I make a mental note to look for a little Ninja Turtle for Jordan the next time I’m at Major Dollar as a get-well gift for him.

It doesn’t take long for Mike to join us. His hair is damp. He must have been in the shower recently. I swallow and try to clear that image from my head before he can catch me in the middle of some very dirty thoughts about his freshly-cleaned body. Mike smiles and quickens his pace until he is standing directly in front of me.

“You’re early. Not that I’m complaining.” He bends down and kisses me in front of Jordan and I can feel my cheeks turning even more pink than they already were. It’s not the first time he’s kissed me, but it is the first time anyone else was watching, and we still haven’t talked about whatever is going on between us. I didn’t expect him to be so open about staking a claim to me in front of his roommate, but I like that he has no problem being affectionate.

“Hi,” I say after he pulls away.

“Hi back.”

“Well, as much fun as it would be to sit here and look at old, used rainbow unicorn toys while the two of you suck each other’s faces, I’m going to pass. I’m headed out to poker night with a few of the guys. Rodriguez just texted that he’s waiting for me outside. I might crash at his place tonight, so you two can have some privacy,” Jordan tells us.
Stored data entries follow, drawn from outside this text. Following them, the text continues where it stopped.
//! The machine's own state, and the ops that look at nothing else.

ghost use Rattle.std.specs.Prelude.{◌≡◌, ◌+◌, ◌-◌, ◌^◌, ◌<◌, ◌≤◌, ◌∷◌, ◌++◌, drop, length, not, slice_get, slice_set, Ok, Some, IfErr, IfOk, IfSome, OnErr, OnOk};
ghost use Rattle.std.specs.Option.{option_copied};
ghost use Rattle.uq_value.specs.Number.{number as spec_number};
ghost use Rattle.uq_value.specs.Put.{limited};
ghost use Rattle.uq_value.specs.Truth.{truth as spec_truth};
ghost use Rattle.uq_value.specs.declared.value.Value.{Value};
ghost use Rattle.uq_value.specs.Same.{alike};
ghost use Rattle.uq_json.specs.Text.{text_of as spec_text_of};
ghost use Rattle.jx9_meaning.specs.Operators.{operate as spec_operate};
ghost use Rattle.jx9_compile.specs.Machine.{below, top};
ghost use Rattle.jx9_compile.specs.Run.{arguments, is_unit as spec_is_unit};
ghost use Rattle.jx9_compile.specs.declared.code.Code.{Code};
ghost use Rattle.jx9_compile.specs.declared.op.Op.{Op};
ghost use Rattle.jx9_vm.specs.Events.{last_in};
ghost use Rattle.jx9_vm.specs.Moves.{Appends, Branches, Calls, Changes, ChangesBy, Counts, IsEntered, IsPaidFor, IsPopped, IsSized, IsUncounted, Jumps, Passes, Pays, Results, Returns, TakesUnit, Unmade};
ghost use Rattle.jx9_vm.specs.Operating.{value_of};
ghost use Rattle.jx9_vm.specs.Work.{joined_top, slot_of, stack_of, second_of, top_of};

use crate::ending::Ending;
use crate::joining::{append, joined};
use crate::layers::Layers;
use crate::operators::{Plain, operate, operate_numbers, shown, step_from};
use crate::stop::StopCause;
use jx9_compile::{Code, Function, Op};
use jx9_meaning::FaultKind;
use jx9_syntax::{Binary, Change, Step};
use sqlite_items::at;
use std::alloc::Global;
use uq_json::text_of;
use uq_value::{NoMemory, Text, Value, ValueFault, copy, is_value, number, size, truth};

/// No more calls are active at a time.
const MOST_ACTIVE: usize = 256;

/// What comes after an op.
#[derive(Drop)]
pub(crate) enum Flow {
    /// The op at the place to which the work has come.
    Next,
    /// Nothing: the script ends.
    Ends(Ending),
}

/// A call that waits: its function, its next op, and where its values begin on the stack and in the slots.
#[derive(Drop)]
pub(crate) struct Call {
    pub function: usize,
    pub place: usize,
    pub stack_floor: usize,
    pub slots_floor: usize,
}

/// The function at work with its next op, the values of all calls, and what is counted.
#[derive(Drop)]
pub(crate) struct Work {
    pub function: usize,
    pub place: usize,
    /// The values that ops put and take.
    pub stack: Layers,
    /// The variables.
    pub slots: Layers,
    /// The calls that wait, the first one first.
    pub calls: Vec<Call>,
    /// The units that are left.
    pub units: u64,
    /// The events so far.
    pub events: u64,
    /// The last byte that was put out.
    pub last: Option<u8>,
}
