//! How a script ends.

use jx9_meaning::FaultKind;

/// How a script ended. Each ending but `Done` has rolled back what the script had not committed.
#[derive(Debug, Drop)]
pub enum Ending {
    /// It came to its end. What it began and did not commit is still begun.
    Done,
    /// An operation in this line faulted.
    Fault { kind: FaultKind, line: u32 },
    /// It had fewer units left than it was to take.
    Spent,
}
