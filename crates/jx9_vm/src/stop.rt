//! How `exec` answers.

use crate::ending::Ending;
use uq_model::BaseStop;
use uq_value::NoMemory;

/// A script that ended.
#[derive(Debug, Drop)]
pub struct Ran {
    pub ending: Ending,
    /// How many events it had: what it put out and what it committed.
    pub events: u64,
    /// The last byte that it put out, None where it put out none.
    pub last: Option<u8>,
}

/// A script that was stopped on its way.
#[derive(Clone, Copy, Debug, PartialEq, Eq)]
pub struct Stop {
    /// How many events were completed.
    pub events: u64,
    /// The last byte that these put out, None where they put out none.
    pub last: Option<u8>,
    pub cause: StopCause,
}

/// What stopped a script.
#[derive(Clone, Copy, Debug, PartialEq, Eq)]
pub enum StopCause {
    /// A call on the base had no answer.
    Base(BaseStop),
    /// The sink failed.
    Sink,
    /// Memory was asked for and not had.
    Memory,
}

impl From<NoMemory> for StopCause {
    ghost use Rattle.std.specs.Prelude.{◌≡◌};
    ghost use Rattle.jx9_vm.specs.declared.stop.StopCause.TheVariants.{Memory};

    ghost from_gives = { λ _ e. e ≡ Memory };

    fn from(_missing: NoMemory) -> StopCause {
        StopCause::Memory
    }
}
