#[test]
fn operators_change_variables(rt: HostRuntime) {
    let alloc = rt.alloc();
    // $a = 7; print $a -= 9; print $a ..= "x"; print $a;
    let ops = [
        int(7),
        Op::Store(0),
        int(9),
        Op::Change {
            slot: 0,
            how: Change::By(Binary::Subtract),
            line: 1,
        },
        Op::Print,
        text(&rt, alloc, b"x"),
        Op::Change {
            slot: 0,
            how: Change::Join,
            line: 2,
        },
        Op::Print,
        Op::Load(0),
        Op::Print,
        Op::End,
    ];
    let code = code_of_one(&rt, alloc, function(&rt, alloc, 0, 1, ops));
    check(&rt, alloc, &code, 0, &Ending::Done, 0, b"-2-2x-2x");
    // null has no text before it; 253 bytes, and 3 for the kind and the length
    let long = [b'x'; 253];
    let ops = [
        text(&rt, alloc, &long),
        Op::Change {
            slot: 0,
            how: Change::Join,
            line: 3,
        },
        Op::Print,
        Op::End,
    ];
    let code = code_of_one(&rt, alloc, function(&rt, alloc, 0, 1, ops));
    check(&rt, alloc, &code, 1, &Ending::Done, 1, &long);
    check(&rt, alloc, &code, 0, &Ending::Spent, 0, b"");
    let ops = [
        text(&rt, alloc, b"a"),
        Op::Change {
            slot: 0,
            how: Change::By(Binary::Add),
            line: 4,
        },
        Op::End,
    ];
    let code = code_of_one(&rt, alloc, function(&rt, alloc, 0, 1, ops));
    check(
        &rt,
        alloc,
        &code,
        0,
        &fault(FaultKind::NotNumber, 4),
        0,
        b"",
    );
}

/// `++` behind its variable.
fn count(slot: u32, line: u32) -> Op {
    Op::Count {
        slot,
        step: Step::IncrementAfter,
        line,
    }
}

fn change(slot: u32, how: Change, line: u32) -> Op {
    Op::Change { slot, how, line }
}

#[test]
fn a_value_that_is_dropped_at_once_stays_in_its_variable(rt: HostRuntime) {
    let alloc = rt.alloc();
    // $a = 7; $a -= 9; $a ..= "x"; $a ..= 3; $b++; $b++; print $a; print $b;
    let ops = [
        int(7),
        Op::Store(0),
        int(9),
        change(0, Change::By(Binary::Subtract), 1),
        Op::Pop,
        text(&rt, alloc, b"x"),
        change(0, Change::Join, 1),
        Op::Pop,
        int(3),
        change(0, Change::Join, 1),
        Op::Pop,
        count(1, 1),
        Op::Pop,
        count(1, 1),
        Op::Pop,
        Op::Load(0),
        Op::Print,
        Op::Load(1),
        Op::Print,
        Op::End,
    ];
    let code = code_of_one(&rt, alloc, function(&rt, alloc, 0, 2, ops));
    check(&rt, alloc, &code, 0, &Ending::Done, 0, b"-2x32");
}

#[test]
fn an_op_whose_value_is_dropped_has_its_fault_and_its_units(rt: HostRuntime) {
    let alloc = rt.alloc();
    let ops = [
        text(&rt, alloc, b"a"),
        Op::Store(0),
        count(0, 4),
        Op::Pop,
        Op::End,
    ];
    let code = code_of_one(&rt, alloc, function(&rt, alloc, 0, 1, ops));
    let not_number = fault(FaultKind::NotNumber, 4);
    check(&rt, alloc, &code, 0, &not_number, 0, b"");
    let ops = [int(i64::MAX), Op::Store(0), count(0, 5), Op::Pop, Op::End];
    let code = code_of_one(&rt, alloc, function(&rt, alloc, 0, 1, ops));
    check(&rt, alloc, &code, 0, &fault(FaultKind::Overflow, 5), 0, b"");
    let ops = [
        int(0),
        change(0, Change::By(Binary::Divide), 6),
        Op::Pop,
        Op::End,
    ];
    let code = code_of_one(&rt, alloc, function(&rt, alloc, 0, 1, ops));
    let no_divisor = fault(FaultKind::ZeroDivisor, 6);
    check(&rt, alloc, &code, 0, &no_divisor, 0, b"");
    // 253 bytes, and 3 for the kind and the length
    let ops = [
        text(&rt, alloc, &[b'x'; 253]),
        change(0, Change::Join, 7),
        Op::Pop,
        Op::End,
    ];
    let code = code_of_one(&rt, alloc, function(&rt, alloc, 0, 1, ops));
    check(&rt, alloc, &code, 0, &Ending::Spent, 0, b"");
    check(&rt, alloc, &code, 1, &Ending::Done, 1, b"");
}
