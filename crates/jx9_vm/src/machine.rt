//! The ops, one by one, and the loop over them.

ghost use Rattle.std.specs.Prelude.{◌≡◌, ◌-◌, ◌^◌, ◌<◌, ◌+◌, length, slice_get, IfErr, IfOk, None, Some};
ghost use Rattle.std.specs.Bool.{OnTrue};
ghost use Rattle.uq_json.specs.Text.{text_of as spec_text_of};
ghost use Rattle.uq_outside.specs.Streams.{Grows};
ghost use Rattle.jx9_compile.specs.Machine.{ops_of};
ghost use Rattle.jx9_compile.specs.declared.op.Op.{Op as SpecOp};
ghost use Rattle.jx9_vm.specs.Step.{Acts, At, DoesSome, Fails, Halted, IsPut, Misses, Prints, Reaches};
ghost use Rattle.jx9_vm.specs.Work.{top_of};
ghost use Rattle.jx9_vm.specs.declared.work.Flow.{Flow};

use crate::ending::Ending;
use crate::stop::StopCause;
use crate::work::{Flow, Work};
use itoa::Buffer;
use jx9_compile::{Code, Op};
use jx9_syntax::Binary;
use sqlite_items::at;
use std::alloc::Global;
use uq_json::text_of;
use uq_outside::Sink;
use uq_value::Value;

/// Makes ops until the script ends.
pub(crate) fn drive<O: Sink>(
    code: &Code,
    work: &mut Work,
    alloc: Global,
    out: &mut O,
) -> Result<Ending, StopCause>
    requires events { work.old.events ≡ 0 }
    requires last { work.old.last ≡ None }
    ensures ended { IfOk result (λ ending. At code.now (Flow.Ends ending) work.old work.new (O.written out.old) (O.written out.new)) }
    ensures quiet { IfOk result (λ _. O.faults out.new ≡ O.faults out.old) }
    ensures stopped { IfErr result (λ cause. Halted code.now work.old work.new
        (O.written out.old) (O.written out.new) (O.faults out.old) (O.faults out.new) cause) }
{
    'ops: loop {
        match step(code, work, alloc, out) {
            Ok(flow) => match flow {
                Flow::Next => {}
                Flow::Ends(ending) => return Ok(ending),
            },
            Err(cause) => return Err(cause),
        }
    }
}

/// The ops of a function, none where there is no such function.
#[inline(always)]
fn ops_at(code: &Code, function: usize) -> &[Op]
    ensures { result.now ≡ ops_of code.now function }
{
    match at(code.functions(), function) {
        Some(function) => function.ops(),
        None => &[],
    }
}

/// Makes the next op. A script that has run off its ops is spent: code ends each of its functions.
#[inline(always)]
fn step<O: Sink>(
    code: &Code,
    work: &mut Work,
    alloc: Global,
    out: &mut O,
) -> Result<Flow, StopCause>
    ensures did { IfOk result (λ flow. DoesSome code.now (Reaches code.now) flow work.old work.new (O.written out.old) (O.written out.new)) }
    ensures quiet { IfOk result (λ _. O.faults out.new ≡ O.faults out.old) }
    ensures halts { IfErr result (λ cause. Fails (Reaches code.now) work.old work.new
        (O.written out.old) (O.written out.new) (O.faults out.old) (O.faults out.new) cause) }
{
    let ops = ops_at(code, work.function);
    match at(ops, work.place) {
        Some(op) => perform(op, code, ops, work, alloc, out),
        None => Ok(Flow::Ends(Ending::Spent)),
    }
}

/// Makes an op.
#[inline(always)]
fn perform<O: Sink>(
    op: &Op,
    code: &Code,
    ops: &[Op],
    work: &mut Work,
    alloc: Global,
    out: &mut O,
) -> Result<Flow, StopCause>
    requires ops { ops.now ≡ ops_of code.now work.old.function }
    requires within { work.old.place < length ops.now }
    ensures did { IfOk result (λ flow. DoesSome code.now (Acts code.now op.now) flow work.old work.new (O.written out.old) (O.written out.new)) }
    ensures quiet { IfOk result (λ _. O.faults out.new ≡ O.faults out.old) }
    ensures fails { IfErr result (λ cause. Fails (Acts code.now op.now) work.old work.new
        (O.written out.old) (O.written out.new) (O.faults out.old) (O.faults out.new) cause) }
{
    match op {
        Op::Unit { line: _line } => Ok(work.unit()),
        Op::Push(value) => work.push(alloc, value),
        Op::Pop => Ok(work.drop_top()),
        Op::Copy => work.copy_top(alloc),
        Op::Load(slot) => work.load(alloc, *slot),
        Op::Store(slot) => Ok(work.store(*slot)),
        Op::Assign { slot, line: _ } => Ok(work.assign(*slot)),
        Op::Count { slot, step, line } => {
            if is_dropped(ops, work.place) {
                return Ok(work.count_unshown(*slot, *step, *line));
            }
            work.count(*slot, *step, *line)
        }
        Op::Change { slot, how, line } => {
            if is_dropped(ops, work.place) {
                return work.change_unshown(alloc, *slot, *how, *line);
            }
            work.change(alloc, *slot, *how, *line)
        }
        Op::Add { line } => work.operate(Binary::Add, *line),
        Op::Operate { operator, line } => work.operate(*operator, *line),
        Op::Not => work.not(),
        Op::Join { count, line } => work.join(alloc, *count, *line),
        Op::Jump(to) => Ok(work.jump(ops, *to)),
        Op::JumpUnless(to) => Ok(work.jump_where(ops, *to, false)),
        Op::JumpIf(to) => Ok(work.jump_where(ops, *to, true)),
        Op::Call {
            function,
            count,
            line,
        } => work.call(code, *function, *count, *line),
        Op::Print => print(work, alloc, out),
        Op::End => work.end(),
    }
}

/// Whether the op behind a place drops the top.
#[inline(always)]
fn is_dropped(ops: &[Op], place: usize) -> bool
    requires { place < length ops.now }
    ensures within { OnTrue result (place + 1 < length ops.now) }
    ensures pops { OnTrue result (slice_get ops.now (place + 1) ≡ Some SpecOp.Pop) }
{
    place + 1 < ops.len() && matches!(ops[place + 1], Op::Pop)
}

/// Puts out the text of the top: one event. An event that would have the number 2^64 - 1 is not made, and ends the script.
#[inline(never)]
fn print<O: Sink>(work: &mut Work, alloc: Global, out: &mut O) -> Result<Flow, StopCause>
    requires { work.old.place < 2 ^ 64 - 1 }
    ensures prints { IfOk result (λ flow. Prints flow work.old work.new (O.written out.old) (O.written out.new)) }
    ensures quiet { IfOk result (λ _. O.faults out.new ≡ O.faults out.old) }
    ensures misses { IfErr result (Misses (spec_text_of (top_of work.old)) work.old work.new
        (O.written out.old) (O.written out.new) (O.faults out.old) (O.faults out.new)) }
{
    if work.events == u64::MAX {
        return Ok(Flow::Ends(Ending::Spent));
    }
    let value = work.pop();
    match &value {
        Value::Text(text) => put_out(work, text.bytes(), out),
        Value::Int(z) => put_out(work, Buffer::new().format(*z).as_bytes(), out),
        _ => match text_of(alloc, &value) {
            Ok(text) => put_out(work, text.as_slice(), out),
            Err(_) => Err(StopCause::Memory),
        },
    }
}

/// Puts out these bytes, counts the event, and goes on.
fn put_out<O: Sink>(work: &mut Work, bytes: &[u8], out: &mut O) -> Result<Flow, StopCause>
    requires room { work.old.events < 2 ^ 64 - 1 }
    requires place { work.old.place < 2 ^ 64 - 1 }
    ensures puts { IfOk result (λ flow. IsPut bytes.now flow work.old work.new) }
    ensures bytes { IfOk result (λ _. Grows bytes.now (O.written out.old) (O.written out.new)) }
    ensures quiet { IfOk result (λ _. O.faults out.new ≡ O.faults out.old) }
    ensures misses { IfErr result (Misses bytes.now work.old work.new (O.written out.old) (O.written out.new) (O.faults out.old) (O.faults out.new)) }
{
    match out.put(bytes) {
        Ok(()) => {
            work.count_print(bytes);
            Ok(Flow::Next)
        }
        Err(_) => Err(StopCause::Sink),
    }
}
“Have fun. I’m sure we will find a way to entertain ourselves without you.” Mike is talking to Jordan, but his eyes never leave mine. My stomach does a mini somersault. Those eyes seem to be making a lot of promises, and I am here for all of them.

“I doubt I’ll be having quite as much fun as you will,” Jordan says right before he grabs his keys from a hook next to the door. Then Mike’s roommate is gone and we are alone in his apartment for the second time.

I stand there for a moment, awkwardly staring at Mike and waiting for him to make the first move. He seems content to just stand in his kitchen and trace my curves with his eyes. Sweater and leggings for the win.

Finally, he says, “Oh, I almost forgot. I believe I promised you a chai latte. Sorry, it’s probably cold by now.” He picks up a Brew-Ha-Ha to-go cup I hadn’t noticed on the counter and hands it to me. It’s still warm, but just barely.

“Better latte than never.” I raise cup and toast the air before taking a sip and wince at my own bad joke, but he laughs because Mike has never met a pun he didn’t appreciate. “Thank you. That was thoughtful,” I tell him.

“You’re welcome. Is the car doing okay?”

“Yeah. Honda Sykes is fine. Back to her old self.” He chuckles, and I love that I knew it would make him laugh again when he heard I nicknamed the car after the actress Wanda Sykes.

“Good. How was work?”

“Um, work was fine.” I’ve been in and out of the kitchen all afternoon. I probably still smell like sweat and seafood under Alice’s body mist, but he doesn’t seem to care.

“Cool. Can I show you something?” Mike asks. When I nod he takes my hand and leads me down the short hallway and into his bedroom. Jordan wasn’t kidding. I’m glad he warned me because otherwise the gigantic pile of Barbies and ponies thrown all over his bed might have taken me by surprise.

“Oh my god, is that a Polly Pocket?” I pick the toy up from its resting spot on top of the grey-striped comforter and sit down on the bed. “I loved these.”

I run one finger over it gently, remembering how precious the small plastic bin of toys I had in our camper was to me. We didn’t have much space for extras, but I had a vintage set that Mom had purchased at the thrift store, from back when Polly’s whole house really was small enough to fit in your pocket.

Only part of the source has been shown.